_WORK TASK_. Report each line of the entries below that includes "right".

_EXTRACTED ENTRIES_.
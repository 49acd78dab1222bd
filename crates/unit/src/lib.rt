// The unit: check bits over any code and any card, and a log of what its readings met.
#![tactic(auto)]

mod calls;
mod units;

pub use calls::{Answer, Call, Reply};
pub use units::Unit;
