// A unit over any code and any card.
ghost use Rattle.std.specs.Prelude.{◌≡◌, ◌/◌, ◌^◌, ◌<◌, ◌≤◌};
ghost use Rattle.error_log.specs.Logs.{new_log, log_word, LogKept};
ghost use Rattle.word.specs.Words.{value};
ghost use Rattle.card.specs.Cards.{write_answer, write_state};
ghost use Rattle.parts.specs.Merges.{joined};
ghost use Rattle.parts.specs.Units.{unit_card, merged, kept, all_lanes, scrubbed, injected};
ghost use Rattle.unit.specs.States.{state_of};
ghost use Rattle.parts.proofs.UnitLaws.{unit_laws};

use card::Card;
use code::Code;
use error_log::{FirstError, Log};
use parts::{log_word, merge_words, places, read_over, write_over};
use word::{Fault, Refusal, Word, check_place, check_width};

// Stores check bits beside every word of the card below, puts one wrong cell right, and logs what its readings meet.
#[derive(Drop)]
pub struct Unit<C: Code, D: Card> {
    code: C,
    card: D,
    log: Log,
}

impl<C: Code, D: Card> Unit<C, D> {
    // A unit with a new log over a card, whatever the card holds.
    pub fn new(code: C, card: D) -> Unit<C, D>
        ensures { state_of D.Card.state result ≡ record { log = new_log; card = D.Card.state card } }
    {
        Unit {
            code,
            card,
            log: Log::new(),
        }
    }

    // Stores the lanes of `word` whose enables are clear and keeps those whose enables are set, with fresh check bits.
    // With a lane kept it reads first, and gives the word read; with none kept it is a write, and gives no word.
    pub fn merge(&mut self, place: u16, word: Word, enables: u8) -> Result<Option<Word>, Fault>
        ensures answer { result ≡ (merged C.Code.code D.Card.model (state_of D.Card.state self.old) place (value word) enables).answer }
        ensures after { state_of D.Card.state self.new ≡ (merged C.Code.code D.Card.model (state_of D.Card.state self.old) place (value word) enables).state }
    {
        check_place(place, self.count())?;
        check_width(word, self.code.data_width(), place)?;
        if enables as u16 >= 1u16 << self.lanes() {
            return Err(Fault::arise(Refusal::Enable, place));
        }
        if enables == 0 {
            self.write(place, word)?;
            return Ok(None);
        }
        self.merge_kept(place, word.low, enables)
    }

    // A merge that keeps a lane, its arguments granted.
    fn merge_kept(&mut self, place: u16, new: u64, enables: u8) -> Result<Option<Word>, Fault>
        requires place_bound { place < (unit_card C.Code.code D.Card.model).count (state_of D.Card.state self.old) }
        requires word_bound { new < 2 ^ C.Code.code.n }
        ensures answer { result ≡ (kept C.Code.code D.Card.model (state_of D.Card.state self.old) place new enables).answer }
        ensures after { state_of D.Card.state self.new ≡ (kept C.Code.code D.Card.model (state_of D.Card.state self.old) place new enables).state }
    {
        let old = self.read(place)?;
        self.store_merged(place, old.low, new, enables)?;
        Ok(Some(old))
    }

    // Stores an old word and a new one merged, with fresh check bits, also where the old one was sound.
    fn store_merged(&mut self, place: u16, old: u64, new: u64, enables: u8) -> Result<(), Fault>
        ensures answer { result ≡ write_answer (unit_card C.Code.code D.Card.model) (state_of D.Card.state self.old) place (value (record { low = joined 8 enables old new; top = 0 })) }
        ensures after { state_of D.Card.state self.new ≡ write_state (unit_card C.Code.code D.Card.model) (state_of D.Card.state self.old) place (value (record { low = joined 8 enables old new; top = 0 })) }
    {
        let low = merge_words(enables, old, new);
        self.write(place, Word::from(low))
    }

    // A merge that keeps every lane: stores the word that it read, put right, with fresh check bits, and gives it.
    pub fn scrub(&mut self, place: u16) -> Result<Option<Word>, Fault>
        ensures answer { result ≡ (scrubbed C.Code.code D.Card.model (state_of D.Card.state self.old) place).answer }
        ensures after { state_of D.Card.state self.new ≡ (scrubbed C.Code.code D.Card.model (state_of D.Card.state self.old) place).state }
    {
        self.merge(place, Word::ZERO, self.every_lane())
    }

    // The enables that keep every lane.
    fn every_lane(&self) -> u8
        ensures { result ≡ all_lanes C.Code.code D.Card.model }
    {
        ((1u16 << self.lanes()) - 1) as u8
    }

    // How many lanes a word has.
    fn lanes(&self) -> u8
        ensures lanes { result ≡ C.Code.code.n / 8 }
        ensures few { result ≤ 8 }
    {
        self.code.data_width() / 8
    }

    // Complements one cell of the raw word at a place, check cells included. This unit's log takes no note of it.
    pub fn inject(&mut self, place: u16, cell: u8) -> Result<(), Fault>
        ensures answer { result ≡ (injected C.Code.code D.Card.model (state_of D.Card.state self.old) place cell).answer }
        ensures after { state_of D.Card.state self.new ≡ (injected C.Code.code D.Card.model (state_of D.Card.state self.old) place cell).state }
    {
        check_place(place, self.count())?;
        if cell >= self.code.raw_width() {
            return Err(Fault::arise(Refusal::Cell, place));
        }
        let raw = self.card.read(place).map_err(Fault::pass_up)?;
        self.card.write(place, raw.flip(cell))
    }
}

impl<C: Code, D: Card> Unit<C, D> {
    // The log word: kind, counter and syndrome of the latest error, then the partial and the check bits last taken.
    pub fn log(&self) -> u32
        ensures told { result ≡ log_word C.Code.code (state_of D.Card.state self.now).log }
        ensures kept { LogKept (state_of D.Card.state self.now).log.counter (state_of D.Card.state self.now).log.kind }
    {
        log_word(&self.code, &self.log)
    }

    // The first error since the log was new or cleared.
    pub fn first(&self) -> Option<FirstError>
        ensures { result ≡ (state_of D.Card.state self.now).log.first }
    {
        self.log.first()
    }

    // The card below, to look at: a unit there has a log of its own.
    pub fn below(&self) -> &D
        ensures { result.now ≡ self.now.card }
    {
        &self.card
    }

    // The log becomes a new one.
    pub fn clear(&mut self)
        ensures { state_of D.Card.state self.new ≡ record { log = new_log; card = D.Card.state self.old.card } }
    {
        self.log = Log::new();
    }
}

impl<C: Code, D: Card> Card for Unit<C, D> {
    ghost model = { unit_card C.Code.code D.Card.model };

    ghost state = { state_of D.Card.state };

    ghost laws = { unit_laws C.Code.code D.Card.model C.Code.lawful D.Card.laws };

    fn width(&self) -> u8 {
        self.code.data_width()
    }

    fn count(&self) -> u32 {
        places(&self.code, &self.card)
    }

    fn read(&mut self, place: u16) -> Result<Word, Fault> {
        read_over(&self.code, &mut self.card, &mut self.log, place)
    }

    fn write(&mut self, place: u16, word: Word) -> Result<(), Fault> {
        write_over(&self.code, &mut self.card, place, word)
    }
}
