//! Replacements one after another, worked out by hand.

use merge_table::MergeTable;
use std::process::Abort;
use std::test::Fail;

/// Has `keep` stand for what `gone` stood for, where both are retained by themselves.
fn merge(rt: &impl Abort, table: &mut MergeTable, keep: u32, gone: u32) {
    assert!(rt; keep < gone && gone < table.len());
    assert!(rt; table.retained(keep) == keep && table.retained(gone) == gone);
    table.replace(keep, gone);
}

/// What retains each node.
fn check(rt: &impl Abort, table: &MergeTable, wanted: &[u32]) {
    for (i, want) in wanted.iter().enumerate() {
        assert!(rt; i < table.len() as usize);
        assert_eq!(rt; table.retained(i as u32), *want, "node {i}");
    }
}

#[test]
fn a_chain_of_replacements(rt: HostRuntime) -> Result<(), Fail> {
    let mut table = MergeTable::begin(rt.alloc(), 6)?;
    check(&rt, &table, &[0, 1, 2, 3, 4, 5]);
    merge(&rt, &mut table, 3, 5);
    check(&rt, &table, &[0, 1, 2, 3, 4, 3]);
    merge(&rt, &mut table, 2, 3);
    check(&rt, &table, &[0, 1, 2, 2, 4, 2]);
    merge(&rt, &mut table, 0, 4);
    merge(&rt, &mut table, 0, 2);
    check(&rt, &table, &[0, 1, 0, 0, 0, 0]);
    assert!(rt; table.len() == 6 && table.retained(0) == 0 && table.retained(1) == 1);
    assert_eq!(rt; table.members(0), 5);
    assert_eq!(rt; table.members(1), 1);
    assert_eq!(rt; table.members(2), 0);
    Ok(())
}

_TASK RESPONSE_.
// Stores check bits beside every word of the card below, puts one wrong cell right, and logs what its readings meet.
    // A merge that keeps every lane: stores the word that it read, put right, with fresh check bits, and gives it.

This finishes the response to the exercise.